> _Saved data entries_
* * * *
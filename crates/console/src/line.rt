// A line of output, written piece by piece: into a run of bytes, where each function writes its piece from `at` and returns the place after it, and
// in fixed memory, as a Line. Clauses see a Line as the list of the bytes written.
ghost use Rattle.std.specs.Prelude.{◌≡◌, ℕ, ◌+◌, ◌≤◌, ◌<◌, List, [], ◌∷◌, ◌++◌, length, take};
ghost use Rattle.console.specs.Text.{hex_digit, hex_digits, decimal_digits, Wrote};

use std::marker::Model;

// The bases.
const TEN: u8 = 10;

const HEX: u32 = 16;

const DECIMAL: u64 = 10;

// The byte b, for example a space or the end of the line.
pub fn put_byte(line: &mut [u8], at: usize, b: u8) -> usize
    requires { at + 1 ≤ length line.old }
    ensures value { result ≡ at + 1 }
    ensures wrote { Wrote line.old at (b ∷ []) result line.new }
{
    line[at] = b;
    at + 1
}

// The bytes of a text, for example a word.
pub fn put_text(line: &mut [u8], at: usize, text: &[u8]) -> usize
    requires { at + length text.now ≤ length line.old }
    ensures { Wrote line.old at text.now result line.new }
{
    runs::copy_part(line, at, text, 0, text.len());
    at + text.len()
}

// v in decimal: at most 20 digits. Digits are written here, as std's `write!` promises its text where it gives Ok, and not that it gives Ok.
pub fn put_decimal(line: &mut [u8], at: usize, v: u64) -> usize
    requires { at + 20 ≤ length line.old }
    ensures upper_bound { result ≤ at + 20 }
    ensures wrote { Wrote line.old at (decimal_digits v) result line.new }
{
    if v < DECIMAL {
        return put_byte(line, at, b'0' + v as u8);
    }
    let next = put_decimal(line, at, v / DECIMAL);
    put_byte(line, next, b'0' + (v % DECIMAL) as u8)
}

// At most N bytes of text. Those of `bytes` after the first `len` are room.
#[derive(Drop)]
pub struct Line<const N: usize> {
    bytes: [u8; N],
    len: usize,
}

impl<const N: usize> Model for Line<N> {
    ghost Value = { List ℕ };

    ghost view = { λ l. take l.len l.bytes };

    ghost invariant = { λ l. l.len ≤ N };
}

impl<const N: usize> Line<N> {
    pub fn new() -> Self
        ensures { result ≡ [] }
    {
        Line {
            bytes: [0; N],
            len: 0,
        }
    }

    pub fn as_bytes(&self) -> &[u8]
        ensures { result.now ≡ self.now }
    {
        &self.bytes[..self.len]
    }

    // Nothing is written any more: room for N bytes again.
    pub fn clear(&mut self)
        ensures { self.new ≡ [] }
    {
        self.len = 0;
    }

    // The bytes of a text, for example a word.
    pub fn push_text(&mut self, text: &[u8])
        requires { length self.old + length text.now ≤ N }
        ensures length { length self.new ≡ length self.old + length text.now }
        ensures text { self.new ≡ self.old ++ text.now }
    {
        self.len = put_text(&mut self.bytes, self.len, text);
    }

    // The byte b, for example a space or the end of the line.
    pub fn push(&mut self, b: u8)
        requires { length self.old < N }
        ensures length { length self.new ≡ length self.old + 1 }
        ensures text { self.new ≡ self.old ++ b ∷ [] }
    {
        self.len = put_byte(&mut self.bytes, self.len, b);
    }

    // v in so many hexadecimal digits: its lowest ones.
    pub fn push_hex(&mut self, digits: usize, v: u32)
        requires { length self.old + digits ≤ N }
        ensures length { length self.new ≡ length self.old + digits }
        ensures text { self.new ≡ self.old ++ hex_digits digits v }
    {
        if digits == 0 {
            return;
        }
        self.push_hex(digits - 1, v / HEX);
        self.push(hex_digit((v % HEX) as u8));
    }

    // v in decimal: at most 20 digits.
    pub fn push_decimal(&mut self, v: u64)
        requires { length self.old + 20 ≤ N }
        ensures upper_bound { length self.new ≤ length self.old + 20 }
        ensures text { self.new ≡ self.old ++ decimal_digits v }
    {
        self.len = put_decimal(&mut self.bytes, self.len, v);
    }
}

// The digit of d: 0 to 9, then A to F.
fn hex_digit(d: u8) -> u8
    requires { d < 16 }
    ensures { result ≡ hex_digit d }
{
    if d < TEN { b'0' + d } else { b'A' + (d - TEN) }
}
* * * *
> _ABOUT THIS TASK_
Take every line from the data above that holds "space" and copy it out.

> _EXERCISE RESPONSE_
// The byte b, for example a space or the end of the line.
    // The byte b, for example a space or the end of the line.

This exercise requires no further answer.